There's your problem. Don't get me wrong, I love REI, but their employees very often aren't experts by any means, especially in the bike department. I've heard them give some questionable advice more than once.


----------



## BrianMc (Jan 5, 2010)

LyNx said:


> Those Brooks saddles are expensive as hell and sorry, but for me I don't think I should need to be in discomfort for 500+ miles before a saddle starts to feel good. .


Yes, they are expensive. I got 35 years out of my first one. They also have a partially broken in series in some models. But they don't work for everyone.


----------



## LyNx (Oct 26, 2004)

Curious if the OP has wet his saddle to help it conform to his derier? AFAIK that's something you have to do with one of those leather saddles or it will take WAY too long - could be wrong though :skep:


----------



## gsy971 (Jan 14, 2005)

Adamo saddles


----------



## jl (Feb 23, 2004)

BCTJ said:


> after 500 miles, the Brooks saddle still hurts.


Three of my bikes are set up with different brooks saddles. Break-in depends on the model, and the comfort also depends on how the saddle is setup on bike.

What model do you have? Pro, B17, Swift, etc.

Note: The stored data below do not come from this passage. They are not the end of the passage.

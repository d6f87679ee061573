// The C interface: every call of the model as a function on numbers and lent octets. It returns one 32-bit number:
// 0x80000000 + n is refusal n, anything below is the answer (crc32: all 32 bits). With a refusal every lent slice keeps
// what it held. What is written into `out` is said at each function of wisavulome.h, in words of four octets, high
// octet first; octets past what is written stay.

#![tactic(auto)]

ghost use Rattle.std.specs.Prelude.{◌≡◌, ◌<◌};
ghost use Rattle.frame_crc.specs.Crc.{crc_of};
ghost use Rattle.c_calls.specs.Calls.{given, left, sheet_given, fits_given, build_given, status_given, client_given};
ghost use Rattle.c_calls.specs.Calls.{start_given, offer_given, step_left, run_left, frame_given, counters_given};
ghost use Rattle.c_checks.specs.CheckCalls.{reception_given, area_given, layout_given, plan_given, write_given};
ghost use Rattle.c_log.specs.LogCalls.{windows_given};
ghost use Rattle.c_views.specs.Views.{station_given, margin_given};
ghost use Rattle.c_marks.specs.MarkCalls.{mark_given, return_given, drop_given};
ghost use Rattle.c_text.specs.TextCalls.{lent, begun_lent, advanced_lent, print_left};

use c_words::numbers::reply;

// Reads a sheet: the octets used. Refusals 3 to 8, 15.
#[unsafe(no_mangle)]
pub extern "C" fn wisavulome_read_sheet(sheet: &[u8], out: &mut [u8]) -> u32
    ensures { given result out.new ≡ sheet_given sheet.now out.old }
{
    reply(c_calls::read_sheet(sheet, out))
}

// Whether the layout of a sheet fits: 1 or 0. Refusals 3 to 8.
#[unsafe(no_mangle)]
pub extern "C" fn wisavulome_fits(sheet: &[u8]) -> u32
    ensures { result ≡ fits_given sheet.now }
{
    reply(c_calls::fits(sheet))
}

// How far the last tap of a sheet may move outward so that its layout still fits: so many bit times, or 256 where it
// does not fit. Refusals 3 to 8.
#[unsafe(no_mangle)]
pub extern "C" fn wisavulome_margin(sheet: &[u8]) -> u32
    ensures { result ≡ margin_given sheet.now }
{
    reply(c_views::margin(sheet))
}

// Checks a layout, as `wisavulome_read_sheet` writes one: 0. Refusals 3, 5 to 8.
#[unsafe(no_mangle)]
pub extern "C" fn wisavulome_check_layout(layout: &[u8]) -> u32
    ensures { result ≡ layout_given layout.now }
{
    reply(c_checks::check_layout(layout))
}

// Reads a run input: 0. Refusals 3 to 9, 13, 15, 16.
#[unsafe(no_mangle)]
pub extern "C" fn wisavulome_read_plan(input: &[u8], out: &mut [u8]) -> u32
    ensures { given result out.new ≡ plan_given input.now out.old }
{
    reply(c_checks::read_plan(input, out))
}

// Writes the shortest sheet that reads as this one: its octets. Refusals 3 to 8, 15.
#[unsafe(no_mangle)]
pub extern "C" fn wisavulome_write_sheet(sheet: &[u8], out: &mut [u8]) -> u32
    ensures { given result out.new ≡ write_given sheet.now out.old }
{
    reply(c_checks::write_sheet(sheet, out))
}

// Builds a frame: its octets. Refusals 11, 15.
#[unsafe(no_mangle)]
pub extern "C" fn wisavulome_build(
    destination: u64,
    source: u64,
    value: u16,
    payload: &[u8],
    out: &mut [u8],
) -> u32
    ensures { given result out.new
        ≡ build_given destination source value payload.now out.old }
{
    reply(c_calls::build(destination, source, value, payload, out))
}

// The status of a frame's octets and excess bits: 0 to 5. Refusal 5.
#[unsafe(no_mangle)]
pub extern "C" fn wisavulome_status(frame: &[u8], excess: u32) -> u32
    ensures { result ≡ status_given frame.now excess }
{
    reply(c_calls::status(frame, excess))
}

// The status of a reception, spoiled (not 0) or not: 0 to 5. Refusal 5.
#[unsafe(no_mangle)]
pub extern "C" fn wisavulome_reception_status(frame: &[u8], excess: u32, spoiled: u32) -> u32
    ensures { result ≡ reception_given frame.now excess spoiled }
{
    reply(c_checks::reception_status(frame, excess, spoiled))
}

// The status, and where the client data lie. Refusals 5, 15.
#[unsafe(no_mangle)]
pub extern "C" fn wisavulome_client_data(frame: &[u8], excess: u32, out: &mut [u8]) -> u32
    ensures { given result out.new ≡ client_given frame.now excess out.old }
{
    reply(c_calls::client_data(frame, excess, out))
}

// A fresh start: 0. Refusals 1, 3 to 8, 9.
#[unsafe(no_mangle)]
pub extern "C" fn wisavulome_start(area: &mut [u8], sheet: &[u8], depth: u32, draws: &[u8]) -> u32
    ensures { given result area.new
        ≡ start_given area.old sheet.now depth draws.now }
{
    reply(c_calls::start(area, sheet, depth, draws))
}

// Checks a work area: 0. Refusals 1, 2.
#[unsafe(no_mangle)]
pub extern "C" fn wisavulome_check_area(area: &[u8]) -> u32
    ensures { result ≡ area_given area.now }
{
    reply(c_checks::check_area(area))
}

// Offers a frame to a station: 0. Refusals 1, 2, 10, 11, 12.
#[unsafe(no_mangle)]
pub extern "C" fn wisavulome_offer(
    area: &mut [u8],
    station: u32,
    destination: u64,
    value: u16,
    payload: &[u8],
) -> u32
    ensures { given result area.new
        ≡ offer_given area.old station destination value payload.now }
{
    reply(c_calls::offer(area, station, destination, value, payload))
}

// One bit time: 0, and the events of each station. Refusals 1, 2, 13, 15.
#[unsafe(no_mangle)]
pub extern "C" fn wisavulome_step(area: &mut [u8], out: &mut [u8]) -> u32
    ensures { left result area.new out.new ≡ step_left area.old out.old }
{
    reply(c_calls::step(area, out))
}

// A run of n bit times: the steps made, and how many events of each word came. Refusals 1, 2, 13, 15.
#[unsafe(no_mangle)]
pub extern "C" fn wisavulome_run(area: &mut [u8], n: u32, out: &mut [u8]) -> u32
    ensures { left result area.new out.new ≡ run_left area.old n out.old }
{
    reply(c_calls::run(fast_run::run, area, n, out))
}

// The same run, made step by step: the reference.
#[unsafe(no_mangle)]
pub extern "C" fn wisavulome_run_stepwise(area: &mut [u8], n: u32, out: &mut [u8]) -> u32
    ensures { left result area.new out.new ≡ run_left area.old n out.old }
{
    reply(c_calls::run(bus_run::run, area, n, out))
}

// Reads the frame that a station received: its octets. Refusals 1, 2, 10, 14, 15.
#[unsafe(no_mangle)]
pub extern "C" fn wisavulome_read_frame(area: &[u8], station: u32, out: &mut [u8]) -> u32
    ensures { given result out.new ≡ frame_given area.now station out.old }
{
    reply(c_calls::read_frame(area, station, out))
}

// The counters of a station: 0. Refusals 1, 2, 10, 15.
#[unsafe(no_mangle)]
pub extern "C" fn wisavulome_counters(area: &[u8], station: u32, out: &mut [u8]) -> u32
    ensures { given result out.new ≡ counters_given area.now station out.old }
{
    reply(c_calls::counters(area, station, out))
}

// The state of a station: 0. Refusals 1, 2, 10, 15.
#[unsafe(no_mangle)]
pub extern "C" fn wisavulome_station(area: &[u8], station: u32, out: &mut [u8]) -> u32
    ensures { given result out.new ≡ station_given area.now station out.old }
{
    reply(c_views::station(area, station, out))
}

// Marks a work area under a name, in a store: 0. Refusals 1, 2, 15, 18.
#[unsafe(no_mangle)]
pub extern "C" fn wisavulome_mark(area: &[u8], store: &mut [u8], name: u64) -> u32
    ensures { given result store.new ≡ mark_given area.now store.old name }
{
    reply(c_marks::mark(area, store, name))
}

// Puts back the work area that is marked under a name: 0. Refusals 1, 15, 17, 2.
#[unsafe(no_mangle)]
pub extern "C" fn wisavulome_return(area: &mut [u8], store: &[u8], name: u64) -> u32
    ensures { given result area.new ≡ return_given area.old store.now name }
{
    reply(c_marks::go_back(area, store, name))
}

// Drops the mark of a name: 0. Refusals 15, 17.
#[unsafe(no_mangle)]
pub extern "C" fn wisavulome_drop(store: &mut [u8], name: u64) -> u32
    ensures { given result store.new ≡ drop_given store.old name }
{
    reply(c_marks::drop_mark(store, name))
}

// The first piece of what is printed for a run input: its octets, and where the run stands. Refusals 1, 15.
#[unsafe(no_mangle)]
pub extern "C" fn wisavulome_begin(
    input: &[u8],
    area: &mut [u8],
    progress: &mut [u8],
    out: &mut [u8],
) -> u32
    ensures { lent result area.new progress.new out.new
        ≡ begun_lent input.now area.old progress.old out.old }
{
    reply(c_text::begin(input, area, progress, out))
}

// The next piece: its octets, and where the run stands after it. Refusals 1, 2, 13, 15, 16.
#[unsafe(no_mangle)]
pub extern "C" fn wisavulome_advance(
    input: &[u8],
    area: &mut [u8],
    progress: &mut [u8],
    out: &mut [u8],
) -> u32
    ensures { lent result area.new progress.new out.new
        ≡ advanced_lent input.now area.old progress.old out.old }
{
    reply(c_text::advance(input, area, progress, out))
}

// All that is printed for a run input: its octets. Refusals 1, 15.
#[unsafe(no_mangle)]
pub extern "C" fn wisavulome_print(input: &[u8], area: &mut [u8], out: &mut [u8]) -> u32
    ensures { left result area.new out.new
        ≡ print_left input.now area.old out.old }
{
    reply(c_text::print(input, area, out))
}

// Many windows over one log: 0, and the counts of each window. Refusals 5, 10, 16, 20, 21, 15.
#[unsafe(no_mangle)]
pub extern "C" fn wisavulome_windows(
    log: &[u8],
    stations: u32,
    windows: &[u32],
    out: &mut [u32],
) -> u32
    ensures { given result out.new
        ≡ windows_given log.now stations windows.now out.old }
{
    reply(c_log::windows(log, stations, windows, out))
}

// The CRC-32 of the octets.
#[unsafe(no_mangle)]
pub extern "C" fn wisavulome_crc32(payload: &[u8]) -> u32
    ensures { result ≡ crc_of payload.now }
{
    frame_crc::crc_of(payload)
}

Have you put proofhide on it? A lot underneath, and some on the top? Ridden in rain? If you try and protect it too much, it won't break in.


----------



## CommuterBoy (Oct 4, 2007)

PM me if you decide to sell your Brooks  

I can't wrap my mind around having a saddle that requires maintenance, but if I could get a used one cheap I'd see how many winters I could get out of it without giving it any attention at all. :lol: If you sell it to me, put the proofhide on it before you ship, because that's the last time it's going to get any love. 

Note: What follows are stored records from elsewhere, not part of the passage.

// Laws of segments: steps of a window in which a station hears one kind of thing. No code; the laws are in specs/.

#![tactic(auto)]
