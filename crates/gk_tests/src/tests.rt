mod document_parts;
mod filling;
mod lines;
mod pickles;
mod plain_trees;
mod small_skeletons;
mod trees;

I am very curious about the new Brooks Cambium... no maintenance, and it would look sweet on my bike. Don't want to pay for it though. 

I have a Selle Italia that I like a lot, a WTB that is too wide, a FSA that is pretty comfy but a bit stiff, and a Sette (Pricepoint house brand) that is surprisingly comfy.


----------



## newfangled (Sep 13, 2010)

CommuterBoy said:


> I am very curious about the new Brooks Cambium... no maintenance, and it would look sweet on my bike. Don't want to pay for it though.


I kindof love that "Immediately Comfortable" is one of the big features of the Cambium.


----------



## Dwayne (Jun 3, 2005)

After 17 years of riding all sorts of different saddles, the Brooks B17 on my commuter right is the most comfortable I've been on. However, when I bought it, it took me a few days to get it dialed in. This is literally a saddle that will go from incredibly uncomfortable to sitting on a barcalounger just by adjusting the position a degree or two. I can only recommend a two-bolt seatpost when using a Brooks, anything else won't have the fine-adjustment capability (like the one-bolt posts with notches in the clamp).


----------



## BCTJ (Aug 22, 2011)

I was thinking of this thread the other day and I can't believe that I wrote it 4 years ago. I still have the Brooks saddle and, I must say, at this point, it is soooooo comfortable to ride in. Strava says that I have now ridden 2,431.5 mi on this saddle. Its interesting because, it feels like the longer I ride on it, the more comfortable it gets. Hopefully, the leather won't wear out and I will have to buy a new one and start over. I think, looking back, it took about 7-800 miles to break it in.


----------



## Buster Bluth (Sep 11, 2008)

BCTJ said:


> I was thinking of this thread the other day and I can't believe that I wrote it 4 years ago. I still have the Brooks saddle and, I must say, at this point, it is soooooo comfortable to ride in. Strava says that I have now ridden 2,431.5 mi on this saddle. Its interesting because, it feels like the longer I ride on it, the more comfortable it gets. Hopefully, the leather won't wear out and I will have to buy a new one and start over. I think, looking back, it took about 7-800 miles to break it in.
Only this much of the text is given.